▶ **Task objective**:
Select, from the material below, each line with "proofs" in it.

▶ **Input data**:
// The values of a command, as `clap` found them.
ghost use Rattle.std.specs.Prelude.{◌≡◌, ℕ, ◌≤◌, ◌<◌, ◌^◌, List, true, codes, option_map, decimal, IfSome, Some};
ghost use Rattle.clap.specs.Words.{found_of};
ghost use Rattle.clap.specs.Walk.{rows_of, first_of};
ghost use Rattle.command_line.specs.Commands.{IsCommand};
ghost use Rattle.command_line.specs.TableNames.{is_table_name};
ghost use Rattle.command_line.specs.TimeLists.{AreTimes, times_word};
ghost use Rattle.command_line.specs.Found.{Gives, HasLooks};
ghost use Rattle.command_line.specs.declared.command.Command.{Command as Commands};

use crate::times::times_in;
use crate::{Command, TableName};
use clap::ArgMatches;

fn parsed(text: &str) -> Option<u32>
    ensures { (n : ℕ) → n < 2 ^ 32 → text.now ≡ decimal n → result ≡ Some n }
{
    text.parse::<u32>().ok()
}

/// A number from `low` to `high`, both included.
pub(crate) fn number(text: &str, low: u32, high: u32) -> Option<u32>
    ensures within { IfSome result (λ n. (low ≤ n) × (n ≤ high)) }
    ensures read { (n : ℕ) → low ≤ n → n ≤ high → text.now ≡ decimal n → result ≡ Some n }
{
    let n = parsed(text)?;
    if n < low || high < n {
        return None;
    }
    Some(n)
}

fn text<'a>(matches: &ArgMatches<'a>, id: &str) -> Option<&'a str>
    ensures { option_map (λ s. s.now) result ≡ first_of id.now (rows_of (found_of matches.now)) }
{
    matches.get_str(id)
}

fn number_in(matches: &ArgMatches, id: &str, low: u32, high: u32) -> Option<u32>
    ensures within { IfSome result (λ n. (low ≤ n) × (n ≤ high)) }
    ensures read { (n : ℕ) → low ≤ n → n ≤ high → first_of id.now (rows_of (found_of matches.now)) ≡ Some (decimal n)
        → result ≡ Some n }
{
    match text(matches, id) {
        Some(text) => number(text, low, high),
        None => None,
    }
}

fn table_in(matches: &ArgMatches, id: &str) -> Option<TableName>
    ensures sound { IfSome result (λ t. is_table_name t ≡ true) }
    ensures read { (t : List ℕ) → is_table_name t ≡ true → first_of id.now (rows_of (found_of matches.now)) ≡ Some t
        → result ≡ Some t }
{
    match text(matches, id) {
        Some(text) => TableName::from_text(text),
        None => None,
    }
}

/// A session of a table, at these two values: its file and the id of its row.
fn session_at(matches: &ArgMatches, table_id: &str, session_id: &str) -> Option<(TableName, u32)>
    ensures sound { IfSome result (λ v. is_table_name v.0 ≡ true) }
    ensures all { (t : List ℕ) (n : ℕ) → is_table_name t ≡ true → n < 2 ^ 32
        → first_of table_id.now (rows_of (found_of matches.now)) ≡ Some t
        → first_of session_id.now (rows_of (found_of matches.now)) ≡ Some (decimal n)
        → result ≡ Some (t, n) }
{
    let table = table_in(matches, table_id)?;
    let session = number_in(matches, session_id, 0, u32::MAX)?;
    Some((table, session))
}

fn session_in(matches: &ArgMatches) -> Option<(TableName, u32)>
    ensures sound { IfSome result (λ v. is_table_name v.0 ≡ true) }
    ensures all { (t : List ℕ) (n : ℕ) → is_table_name t ≡ true → n < 2 ^ 32
        → first_of (codes "TABLE") (rows_of (found_of matches.now)) ≡ Some t
        → first_of (codes "S") (rows_of (found_of matches.now)) ≡ Some (decimal n)
        → result ≡ Some (t, n) }
{
    session_at(matches, "TABLE", "S")
}

/// A session of a table, and how many looks there are.
fn looks_in(matches: &ArgMatches) -> Option<(TableName, u32, u32)>
    ensures sound { IfSome result (λ v. (is_table_name v.0 ≡ true) × (1 ≤ v.2)) }
    ensures all { (t : List ℕ) (n k : ℕ) → is_table_name t ≡ true → n < 2 ^ 32 → 1 ≤ k → k < 2 ^ 32
        → first_of (codes "TABLE") (rows_of (found_of matches.now)) ≡ Some t
        → first_of (codes "S") (rows_of (found_of matches.now)) ≡ Some (decimal n)
        → first_of (codes "LOOKS") (rows_of (found_of matches.now)) ≡ Some (decimal k)
        → result ≡ Some (t, n, k) }
{
    let (table, session) = session_in(matches)?;
    let looks = number_in(matches, "LOOKS", 1, u32::MAX)?;
    Some((table, session, looks))
}

/// A session of a table, and the number of a message.
fn messages_in(matches: &ArgMatches) -> Option<Command>
    ensures sound { IfSome result IsCommand }
    ensures all { (t : List ℕ) (n k : ℕ) → is_table_name t ≡ true → n < 2 ^ 32 → k < 2 ^ 32
        → first_of (codes "TABLE") (rows_of (found_of matches.now)) ≡ Some t
        → first_of (codes "S") (rows_of (found_of matches.now)) ≡ Some (decimal n)
        → first_of (codes "FROM") (rows_of (found_of matches.now)) ≡ Some (decimal k)
        → result ≡ Some (Command.Messages t n k) }
{
    let (table, session) = session_in(matches)?;
    let from = number_in(matches, "FROM", 0, u32::MAX)?;
    Some(Command::Messages {
        table,
        session,
        from,
    })
}

fn exercise_in(matches: &ArgMatches) -> Option<Command>
    ensures sound { IfSome result IsCommand }
    ensures all { (m n : ℕ) → m < 2 ^ 32 → 1 ≤ n → n ≤ 100000
        → first_of (codes "SEED") (rows_of (found_of matches.now)) ≡ Some (decimal m)
        → first_of (codes "COUNT") (rows_of (found_of matches.now)) ≡ Some (decimal n)
        → result ≡ Some (Command.Exercise m n) }
{
    match number_in(matches, "SEED", 0, u32::MAX) {
        Some(seed) => match number_in(matches, "COUNT", 1, 100_000) {
            Some(count) => Some(Command::Exercise { seed, count }),
            None => None,
        },
        None => None,
    }
}

fn race_in(matches: &ArgMatches) -> Option<Command>
    ensures sound { IfSome result IsCommand }
    ensures all { (m n : ℕ) (ts : List ℕ) → m < 2 ^ 32 → 1 ≤ n → n ≤ 100000 → AreTimes ts
        → first_of (codes "SEED") (rows_of (found_of matches.now)) ≡ Some (decimal m)
        → first_of (codes "COUNT") (rows_of (found_of matches.now)) ≡ Some (decimal n)
        → first_of (codes "TIMES") (rows_of (found_of matches.now)) ≡ Some (times_word ts)
        → result ≡ Some (Command.Race m n (record { items = ts })) }
{
    let seed = number_in(matches, "SEED", 0, u32::MAX)?;
    let count = number_in(matches, "COUNT", 1, 100_000)?;
    let times = times_in(text(matches, "TIMES")?)?;
    Some(Command::Race { seed, count, times })
}

/// A session of a table, how many looks there are, and a folder.
fn folder_in(matches: &ArgMatches) -> Option<(TableName, u32, u32, TableName)>
    ensures sound { IfSome result (λ v. (is_table_name v.0 ≡ true) × (1 ≤ v.2) × (is_table_name v.3 ≡ true)) }
    ensures all { (t u : List ℕ) (n k : ℕ) → is_table_name t ≡ true → n < 2 ^ 32 → 1 ≤ k → k < 2 ^ 32
        → is_table_name u ≡ true
        → first_of (codes "TABLE") (rows_of (found_of matches.now)) ≡ Some t
        → first_of (codes "S") (rows_of (found_of matches.now)) ≡ Some (decimal n)
        → first_of (codes "LOOKS") (rows_of (found_of matches.now)) ≡ Some (decimal k)
        → first_of (codes "FOLDER") (rows_of (found_of matches.now)) ≡ Some u
        → result ≡ Some (t, n, k, u) }
{
    let (table, session, looks) = looks_in(matches)?;
    let folder = table_in(matches, "FOLDER")?;
    Some((table, session, looks, folder))
}

fn migrate_in(matches: &ArgMatches) -> Option<Command>
    ensures sound { IfSome result IsCommand }
    ensures all { (t u : List ℕ) (n m : ℕ) → is_table_name t ≡ true → n < 2 ^ 32 → is_table_name u ≡ true → m < 2 ^ 32
        → first_of (codes "TABLE") (rows_of (found_of matches.now)) ≡ Some t
        → first_of (codes "S") (rows_of (found_of matches.now)) ≡ Some (decimal n)
        → first_of (codes "NEWTABLE") (rows_of (found_of matches.now)) ≡ Some u
        → first_of (codes "T") (rows_of (found_of matches.now)) ≡ Some (decimal m)
        → result ≡ Some (Command.Migrate t n u m) }
{
    let (table, session) = session_in(matches)?;
    let (new_table, new_session) = session_at(matches, "NEWTABLE", "T")?;
    Some(Command::Migrate {
        table,
        session,
        new_table,
        new_session,
    })
}

// The command of this name, if it is one that looks at a link.
fn with_looks(name: &str, matches: &ArgMatches) -> Option<Command>
    ensures sound { IfSome result IsCommand }
    ensures all { (c : Commands) → IsCommand c → HasLooks c → Gives c name.now (rows_of (found_of matches.now))
        → result ≡ Some c }
{
    match name {
        "serve" => looks_in(matches).map(|(table, session, looks)| Command::Serve {
            table,
            session,
            looks,
        }),
        "receive" => looks_in(matches).map(|(table, session, looks)| Command::Receive {
            table,
            session,
            looks,
        }),
        "send" => looks_in(matches).map(|(table, session, looks)| Command::Send {
            table,
            session,
            looks,
        }),
        "append" => looks_in(matches).map(|(table, session, looks)| Command::Append {
            table,
            session,
            looks,
        }),
        "drop" => {
            folder_in(matches).map(|(table, session, looks, folder)| Command::DropFiles {
                table,
                session,
                looks,
                folder,
            })
        }
        "collect" => {
            folder_in(matches).map(|(table, session, looks, folder)| Command::CollectFiles {
                table,
                session,
                looks,
                folder,
            })
        }
        _ => None,
    }
}

/// The command of this name, with the values that clap found.
pub(crate) fn with_values(name: &str, matches: &ArgMatches) -> Option<Command>
    ensures sound { IfSome result IsCommand }
    ensures all { (c : Commands) → IsCommand c → Gives c name.now (rows_of (found_of matches.now)) → result ≡ Some c }
{
    match name {
        "replay" => Some(Command::Replay),
        "audit" => Some(Command::Audit),
        "chain" => Some(Command::Chain),
        "compare" => Some(Command::Compare),
        "format" => session_in(matches).map(|(table, session)| Command::Format { table, session }),
        "show" => session_in(matches).map(|(table, session)| Command::Show { table, session }),
        "exercise" => exercise_in(matches),
        "race" => race_in(matches),
        "migrate" => migrate_in(matches),
        "wrap" => session_in(matches).map(|(table, session)| Command::Wrap { table, session }),
        "unwrap" => session_in(matches).map(|(table, session)| Command::Unwrap { table, session }),
        "messages" => messages_in(matches),
        "status" => session_in(matches).map(|(table, session)| Command::Status { table, session }),
        _ => with_looks(name, matches),
    }
}
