// Cases read from text: where a line or a part of it ends, the decimal numbers of a line, and a size that a case asks for.
//
// Example: of the line "12 x7 5" the numbers are 12, 7 and 5; a byte that is no digit is skipped.
#![tactic(auto)]

ghost use Rattle.std.specs.Prelude.{◌≡◌, ◌-◌, ◌≤◌, ◌==◌, min, length, take};
ghost use Rattle.std.specs.List.{position};
ghost use Rattle.words.specs.Written.{Wrote};
ghost use Rattle.cases.specs.Lines.{next_place, with_digit, number_of, numbers_of_word, numbers_of};

// Where the byte first stands.
fn place_of(byte: u8, bytes: &[u8]) -> Option<usize>
    ensures { result ≡ position (λ b. b == byte) bytes.now }
{
    bytes.iter().position(|b| *b == byte)
}

// Where the byte next stands from the place on, or the text's end.
pub fn until(text: &[u8], from: usize, byte: u8) -> usize
    requires { from ≤ length text.now }
    ensures value { result ≡ next_place text.now from byte }
    ensures inside { (from ≤ result) × (result ≤ length text.now) }
{
    match place_of(byte, &text[from..]) {
        Some(passed) => from + passed,
        None => text.len(),
    }
}

// A number with one more digit, at most 4,294,967,295. Any other byte changes nothing.
#[tactic(auto, using(words::specs::Choice::pick_true, words::specs::Choice::pick_false, std::proofs::lemmas::Bool::Decides::nat_tests), unfolding(crate::specs::Lines::with_digit))]
fn with_digit(value: u32, byte: u8) -> u32
    ensures { result ≡ with_digit value byte }
{
    match byte {
        b'0'..=b'9' => value
            .saturating_mul(10)
            .saturating_add(u32::from(byte - b'0')),
        _ => value,
    }
}

// The number that the digits of a word write.
#[tactic(auto, using(crate::proofs::Laws::number_folds))]
fn number(word: &[u8]) -> u32
    ensures { result ≡ number_of word.now }
{
    word.iter().fold(0, |value, byte| with_digit(value, *byte))
}

// Puts the number of a word at the place, if the word has bytes and there is room; the next place.
#[tactic(auto, using(crate::proofs::Laws::adding))]
fn add(word: &[u8], out: &mut [u32], place: usize) -> usize
    requires { place ≤ length out.old }
    ensures { Wrote out.old out.new place result (take (length out.old - place) (numbers_of_word word.now)) }
{
    if word.is_empty() || out.len() <= place {
        place
    } else {
        words::put(out, place, number(word))
    }
}

// Puts the numbers of a line into `out`, from its front on, as many as there is room for; how many these are.
pub fn numbers(line: &[u8], out: &mut [u32]) -> usize
    ensures wrote { Wrote out.old out.new 0 result (take (length out.old) (numbers_of line.now)) }
    ensures inside { result ≤ length out.new }
{
    let mut count = 0;
    let mut from = 0;
    while from < line.len() {
        let end = until(line, from, b' ');
        count = add(&line[from..end], out, count);
        from = end + 1;
    }
    count
}

// The lesser of two: a size that is asked for, and what there is.
pub fn lesser(asked: u32, most: usize) -> usize
    ensures { result ≡ min asked most }
{
    (asked as usize).min(most)
}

▶ **Answer section**:
#[tactic(auto, using(words::specs::Choice::pick_true, words::specs::Choice::pick_false, std::proofs::lemmas::Bool::Decides::nat_tests), unfolding(crate::specs::Lines::with_digit))]
#[tactic(auto, using(crate::proofs::Laws::number_folds))]
#[tactic(auto, using(crate::proofs::Laws::adding))]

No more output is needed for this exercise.